The transportation has been increased in the whole world in the last two decades. Although it has shortened the distances but has some drawbacks, it affects environment badly so that climate change occurs. The emission of carbon dioxide severely affects ozone layer. The objective of the study is to examine the dynamic linkages between air-railways transportation, trade openness, travel services, population growth, and environmental and natural resource depletion in the context of Pakistan by using a time series data from 1975 to 2016. The results show that railways passenger carried, trade openness, and per capita income is associated with high mass carbon emissions to confirm transport associated emissions and pollution haven hypothesis, while air-railways transportation and travel services largely influenced natural resource assets of the country. Forest resources largely affected by air transport passengers carried and travel services, while it hold genius principle, where population is sensibly used forest and natural resources in the sustainable consumption and production system. The general and country specific policy implications are presented for sustainable development, i.e.,

  1. i)

    Green transportation fuel system like liquid hydrogen fuels should be used to mitigate carbon emissions.

  2. ii)

    Sustainable consumption and production is imperative for sustainable development.

  3. iii)

    Trade liberalization policies should be environmental regulated to support natural resource capital of a country.

  4. iv)

    Economic activities should be environmental friendly and based upon cleaner production technologies, certified ISO certification, tax imposition of dirty polluting industries, subsidies given to environmental quality assurance companies, and healthy economic reforms across countries.

  5. v)

    Human development program should be initiated in a way to invest on human capital that translated in to achieving high economic growth and conserve natural environment.

The country-specific policy implications should be result oriented, i.e., the solutions can found for bringing pollution to tolerable level. But it can only be achieved if: vehicle inspection and examiner department is strengthened by the Federal Government in Consultation with Ministry of Transport and Communication. The Electric Power Assisted Steering (EPA) ensures the desirable condition of the vehicles on roads. With that, Quality Control agency should help provincial governments to certify quality of gasoline. Various stations where gasoline is sold should be checked regularly to ensure quality.

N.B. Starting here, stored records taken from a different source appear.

/// Shapes that are equal.
pub(crate) const EQUAL_SHAPES: [Case<'static>; 9] = [
    Case {
        making: Making::Dyadic(ScalarFn::Sub, Value::Num(&[], &[3]), Value::Num(&[], &[5])),
        outcome: Outcome::Shown("¯2\n", 0),
    },
    Case {
        making: Making::Dyadic(
            ScalarFn::Less,
            Value::Num(&[2], &[9223372036854775807, 1]),
            Value::Num(&[2], &[2, -1]),
        ),
        outcome: Outcome::Shown("0 0\n", 2),
    },
    Case {
        making: Making::Dyadic(
            ScalarFn::Sub,
            Value::Num(&[3], &[10, 20, 30]),
            Value::Num(&[3], &[1, 2, 3]),
        ),
        outcome: Outcome::Shown("9 18 27\n", 3),
    },
    Case {
        making: Making::Dyadic(
            ScalarFn::Max,
            Value::Num(&[2, 2], &[1, 0, 0, 1]),
            Value::Num(&[2, 2], &[1, 0, 0, 1]),
        ),
        outcome: Outcome::Shown("1 0\n0 1\n", 4),
    },
    Case {
        making: Making::Dyadic(
            ScalarFn::Sub,
            Value::Num(&[2, 3], &[10, 20, 30, 40, 50, 60]),
            Value::Num(&[2, 3], &[1, 2, 3, 4, 5, 6]),
        ),
        outcome: Outcome::Shown(" 9 18 27\n36 45 54\n", 6),
    },
    Case {
        making: Making::Dyadic(
            ScalarFn::Nor,
            Value::Num(&[2, 2, 2], &[0, 1, 1, 0, 1, 1, 0, 1]),
            Value::Num(&[2, 2, 2], &[0, 1, 1, 0, 1, 1, 0, 1]),
        ),
        outcome: Outcome::Shown("1 0\n0 1\n\n0 0\n1 0\n", 8),
    },
    Case {
        making: Making::Dyadic(
            ScalarFn::Greater,
            Value::Num(&[2, 1, 2], &[1, 2, 3, 4]),
            Value::Num(&[2, 1, 2], &[1, 2, 3, 4]),
        ),
        outcome: Outcome::Shown("0 0\n\n0 0\n", 4),
    },
    Case {
        making: Making::Dyadic(
            ScalarFn::Min,
            Value::Num(&[0, 3], &[]),
            Value::Num(&[0, 3], &[]),
        ),
        outcome: Outcome::Shown("", 0),
    },
    Case {
        making: Making::Dyadic(
            ScalarFn::Equal,
            Value::Char(&[3], &[97, 98, 99]),
            Value::Char(&[3], &[97, 120, 99]),
        ),
        outcome: Outcome::Shown("1 0 1\n", 3),
    },
];

/// A scalar beside an array, on each side.
pub(crate) const SCALAR_BESIDE: [Case<'static>; 13] = [
    Case {
        making: Making::Dyadic(
            ScalarFn::Sub,
            Value::Num(&[], &[10]),
            Value::Num(&[3], &[1, 2, 3]),
        ),
        outcome: Outcome::Shown("9 8 7\n", 3),
    },
    Case {
        making: Making::Dyadic(
            ScalarFn::Sub,
            Value::Num(&[3], &[1, 2, 3]),
            Value::Num(&[], &[10]),
        ),
        outcome: Outcome::Shown("¯9 ¯8 ¯7\n", 3),
    },
    Case {
        making: Making::Dyadic(
            ScalarFn::Mul,
            Value::Num(&[], &[3]),
            Value::Num(&[1, 3], &[1, 2, 3]),
        ),
        outcome: Outcome::Shown("3 6 9\n", 3),
    },
    Case {
        making: Making::Dyadic(
            ScalarFn::Residue,
            Value::Num(&[], &[0]),
            Value::Num(&[2, 3], &[1, 2, 3, 4, 5, 6]),
        ),
        outcome: Outcome::Shown("1 2 3\n4 5 6\n", 6),
    },
    Case {
        making: Making::Dyadic(
            ScalarFn::Residue,
            Value::Num(&[2, 2], &[1, 0, 0, 1]),
            Value::Num(&[], &[2]),
        ),
        outcome: Outcome::Shown("0 2\n2 0\n", 4),
    },
    Case {
        making: Making::Dyadic(
            ScalarFn::And,
            Value::Num(&[], &[0]),
            Value::Num(&[2, 2, 2], &[0, 1, 1, 0, 1, 1, 0, 1]),
        ),
        outcome: Outcome::Shown("0 0\n0 0\n\n0 0\n0 0\n", 8),
    },
    Case {
        making: Making::Dyadic(
            ScalarFn::GreaterEq,
            Value::Num(&[2, 1, 2], &[1, 2, 3, 4]),
            Value::Num(&[], &[-9223372036854775807]),
        ),
        outcome: Outcome::Shown("1 1\n\n1 1\n", 4),
    },
    Case {
        making: Making::Dyadic(ScalarFn::Min, Value::Num(&[1], &[1]), Value::Num(&[], &[3])),
        outcome: Outcome::Shown("1\n", 1),
    },
    Case {
        making: Making::Dyadic(
            ScalarFn::Mul,
            Value::Num(&[], &[2147483648]),
            Value::Num(&[0, 3], &[]),
        ),
        outcome: Outcome::Shown("", 0),
    },
    Case {
        making: Making::Dyadic(ScalarFn::Or, Value::Num(&[0], &[]), Value::Num(&[], &[-1])),
        outcome: Outcome::Shown("\n", 0),
    },
    Case {
        making: Making::Dyadic(
            ScalarFn::Equal,
            Value::Num(&[2, 1, 2], &[1, 2, 3, 4]),
            Value::Char(&[], &[97]),
        ),
        outcome: Outcome::Shown("0 0\n\n0 0\n", 4),
    },
    Case {
        making: Making::Dyadic(
            ScalarFn::NotEqual,
            Value::Num(&[2, 3], &[1, 2, 3, 4, 5, 6]),
            Value::Char(&[], &[97]),
        ),
        outcome: Outcome::Shown("1 1 1\n1 1 1\n", 6),
    },
    Case {
        making: Making::Dyadic(
            ScalarFn::NotEqual,
            Value::Char(&[], &[97]),
            Value::Num(&[], &[97]),
        ),
        outcome: Outcome::Shown("1\n", 0),
    },
];

/// An array of one element beside others of its rank, on each side.
pub(crate) const ONE_ELEMENT: [Case<'static>; 12] = [
    Case {
        making: Making::Dyadic(
            ScalarFn::Sub,
            Value::Num(&[1], &[5]),
            Value::Num(&[3], &[1, 2, 3]),
        ),
        outcome: Outcome::Shown("4 3 2\n", 3),
    },
    Case {
        making: Making::Dyadic(
            ScalarFn::Sub,
            Value::Num(&[3], &[1, 2, 3]),
            Value::Num(&[1], &[5]),
        ),
        outcome: Outcome::Shown("¯4 ¯3 ¯2\n", 3),
    },
    Case {
        making: Making::Dyadic(
            ScalarFn::Max,
            Value::Num(&[2], &[1, 0]),
            Value::Num(&[1], &[5]),
        ),
        outcome: Outcome::Shown("5 5\n", 2),
    },
    Case {
        making: Making::Dyadic(
            ScalarFn::Sub,
            Value::Num(&[1, 1], &[7]),
            Value::Num(&[2, 3], &[1, 2, 3, 4, 5, 6]),
        ),
        outcome: Outcome::Shown("6 5 4\n3 2 1\n", 6),
    },
    Case {
        making: Making::Dyadic(
            ScalarFn::Greater,
            Value::Num(&[2, 3], &[1, 2, 3, 4, 5, 6]),
            Value::Num(&[1, 1], &[7]),
        ),
        outcome: Outcome::Shown("0 0 0\n0 0 0\n", 6),
    },
    Case {
        making: Making::Dyadic(
            ScalarFn::Add,
            Value::Num(&[1, 1, 1], &[1]),
            Value::Num(&[2, 1, 2], &[1, 2, 3, 4]),
        ),
        outcome: Outcome::Shown("2 3\n\n4 5\n", 4),
    },
    Case {
        making: Making::Dyadic(
            ScalarFn::Sub,
            Value::Num(&[2, 2, 2], &[0, 1, 1, 0, 1, 1, 0, 1]),
            Value::Num(&[1, 1, 1], &[1]),
        ),
        outcome: Outcome::Shown("¯1  0\n 0 ¯1\n\n 0  0\n¯1  0\n", 8),
    },
    Case {
        making: Making::Dyadic(
            ScalarFn::Sub,
            Value::Num(&[1, 1, 1], &[1]),
            Value::Num(&[1, 1, 1], &[1]),
        ),
        outcome: Outcome::Shown("0\n", 1),
    },
    Case {
        making: Making::Dyadic(
            ScalarFn::Less,
            Value::Num(&[0], &[]),
            Value::Num(&[1], &[5]),
        ),
        outcome: Outcome::Shown("\n", 0),
    },
    Case {
        making: Making::Dyadic(
            ScalarFn::NotEqual,
            Value::Char(&[0], &[]),
            Value::Char(&[1], &[98]),
        ),
        outcome: Outcome::Shown("\n", 0),
    },
    Case {
        making: Making::Dyadic(
            ScalarFn::Add,
            Value::Num(&[0, 3], &[]),
            Value::Num(&[1, 1], &[7]),
        ),
        outcome: Outcome::Shown("", 0),
    },
    Case {
        making: Making::Dyadic(
            ScalarFn::Nand,
            Value::Num(&[1, 1], &[7]),
            Value::Num(&[2, 0], &[]),
        ),
        outcome: Outcome::Shown("", 0),
    },
];

/// Shapes that do not conform: LENGTH, whatever the elements would give.
pub(crate) const OTHER_LENGTHS: [Case<'static>; 9] = [
    Case {
        making: Making::Dyadic(
            ScalarFn::Add,
            Value::Num(&[0], &[]),
            Value::Num(&[2], &[2, 3]),
        ),
        outcome: Outcome::Faulted(FaultKind::Length),
    },
    Case {
        making: Making::Dyadic(
            ScalarFn::And,
            Value::Num(&[2], &[2, -1]),
            Value::Num(&[3], &[2, 2, 2]),
        ),
        outcome: Outcome::Faulted(FaultKind::Length),
    },
    Case {
        making: Making::Dyadic(
            ScalarFn::Or,
            Value::Num(&[2], &[2, 3]),
            Value::Num(&[0], &[]),
        ),
        outcome: Outcome::Faulted(FaultKind::Length),
    },
    Case {
        making: Making::Dyadic(
            ScalarFn::And,
            Value::Num(&[0, 3], &[]),
            Value::Num(&[2, 0], &[]),
        ),
        outcome: Outcome::Faulted(FaultKind::Length),
    },
    Case {
        making: Making::Dyadic(
            ScalarFn::Nand,
            Value::Num(&[1, 3], &[1, 2, 3]),
            Value::Num(&[2, 2], &[1, 2, 3, 4]),
        ),
        outcome: Outcome::Faulted(FaultKind::Length),
    },
    Case {
        making: Making::Dyadic(
            ScalarFn::Add,
            Value::Num(&[1, 3], &[1, 2, 3]),
            Value::Num(&[3, 1], &[1, 2, 3]),
        ),
        outcome: Outcome::Faulted(FaultKind::Length),
    },
    Case {
        making: Making::Dyadic(
            ScalarFn::Mul,
            Value::Num(&[2, 1, 2], &[1, 2, 3, 4]),
            Value::Num(&[2, 2, 2], &[0, 1, 1, 0, 1, 1, 0, 1]),
        ),
        outcome: Outcome::Faulted(FaultKind::Length),
    },
    Case {
        making: Making::Dyadic(
            ScalarFn::Equal,
            Value::Num(&[1, 3], &[1, 2, 3]),
            Value::Char(&[2, 2], &[119, 120, 121, 122]),
        ),
        outcome: Outcome::Faulted(FaultKind::Length),
    },
    Case {
        making: Making::Dyadic(
            ScalarFn::NotEqual,
            Value::Char(&[3], &[97, 98, 99]),
            Value::Char(&[0], &[]),
        ),
        outcome: Outcome::Faulted(FaultKind::Length),
    },
];

/// An element that faults: the first, one in the middle, the last.
pub(crate) const FAULTY: [Case<'static>; 10] = [
    Case {
        making: Making::Dyadic(
            ScalarFn::And,
            Value::Num(&[3], &[2, 1, 1]),
            Value::Num(&[3], &[1, 1, 1]),
        ),
        outcome: Outcome::Faulted(FaultKind::Domain),
    },
    Case {
        making: Making::Dyadic(
            ScalarFn::And,
            Value::Num(&[3], &[1, 1, 1]),
            Value::Num(&[3], &[1, 2, 1]),
        ),
        outcome: Outcome::Faulted(FaultKind::Domain),
    },
    Case {
        making: Making::Dyadic(
            ScalarFn::And,
            Value::Num(&[3], &[1, 1, 2]),
            Value::Num(&[3], &[1, 1, 1]),
        ),
        outcome: Outcome::Faulted(FaultKind::Domain),
    },
    Case {
        making: Making::Dyadic(
            ScalarFn::Or,
            Value::Num(&[2, 2], &[2, 0, 0, 0]),
            Value::Num(&[2, 2], &[0, 0, 0, 0]),
        ),
        outcome: Outcome::Faulted(FaultKind::Domain),
    },
    Case {
        making: Making::Dyadic(
            ScalarFn::Or,
            Value::Num(&[2, 2, 2], &[0, 0, 0, 0, 0, 0, 0, 0]),
            Value::Num(&[2, 2, 2], &[0, 0, 0, 0, 0, 0, 0, 2]),
        ),
        outcome: Outcome::Faulted(FaultKind::Domain),
    },
    Case {
        making: Making::Dyadic(
            ScalarFn::Add,
            Value::Num(&[2], &[9223372036854775807, 1]),
            Value::Num(&[2], &[9223372036854775807, 1]),
        ),
        outcome: Outcome::Faulted(FaultKind::Limit),
    },
    Case {
        making: Making::Dyadic(
            ScalarFn::Mul,
            Value::Num(&[], &[9223372036854775807]),
            Value::Num(&[2, 3], &[1, 2, 3, 4, 5, 6]),
        ),
        outcome: Outcome::Faulted(FaultKind::Limit),
    },
    Case {
        making: Making::Dyadic(
            ScalarFn::Nand,
            Value::Num(&[2], &[2, -1]),
            Value::Num(&[], &[2147483648]),
        ),
        outcome: Outcome::Faulted(FaultKind::Domain),
    },
    Case {
        making: Making::Dyadic(
            ScalarFn::Sub,
            Value::Num(&[], &[-9223372036854775807]),
            Value::Num(&[1], &[5]),
        ),
        outcome: Outcome::Faulted(FaultKind::Limit),
    },
    Case {
        making: Making::Dyadic(ScalarFn::Nor, Value::Num(&[], &[1]), Value::Num(&[], &[-1])),
        outcome: Outcome::Faulted(FaultKind::Domain),
    },
];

Government should establish weigh bridges on all important highways and road to check overloading. In this respect, National Highways Authority (NHA) and Motorway Police (MP) can be useful. There should also be a policy structure for the conversion of dirty fuel, i.e., diesel on road transport to clean fuel. Petrol, Diesel, LPG, or CNG vehicle testing and tuning centers should be established in all the small and big cities. Fuel substitution strategy must be adopted by a LPG and supplies from in-house refineries be increased. There should be alternate source to import LPG through pipelines, it could be made possible by signing contract with neighboring countries. Road shoulder improvement like concrete pavement, vegetation, traffic control, and cleaning of road by mechanical sweepers or vacuum cleaners should be undertaken by the municipalities of the city to control particulate emissions. Introduction of cheap urban transport system run on clean fuel would also decrease the traffic burden from roads, and will definitely improve the air quality in the long run.

All of the above recommendations are very practical and feasible if implemented. For minimizing air pollution, a serious mind set is required not only from the government but also from the local people. Until and unless they have awareness, and with awareness, sense of responsibility toward their country as well as toward the environment in which they breathe, nothing can be done tangibly. Knowingly, crossing the limits and not maintain standards is not a good approach. Everyone should partake this process of cleaning the air. Otherwise, 1 day, it will be difficult even to breathe and fresh air would be a dream.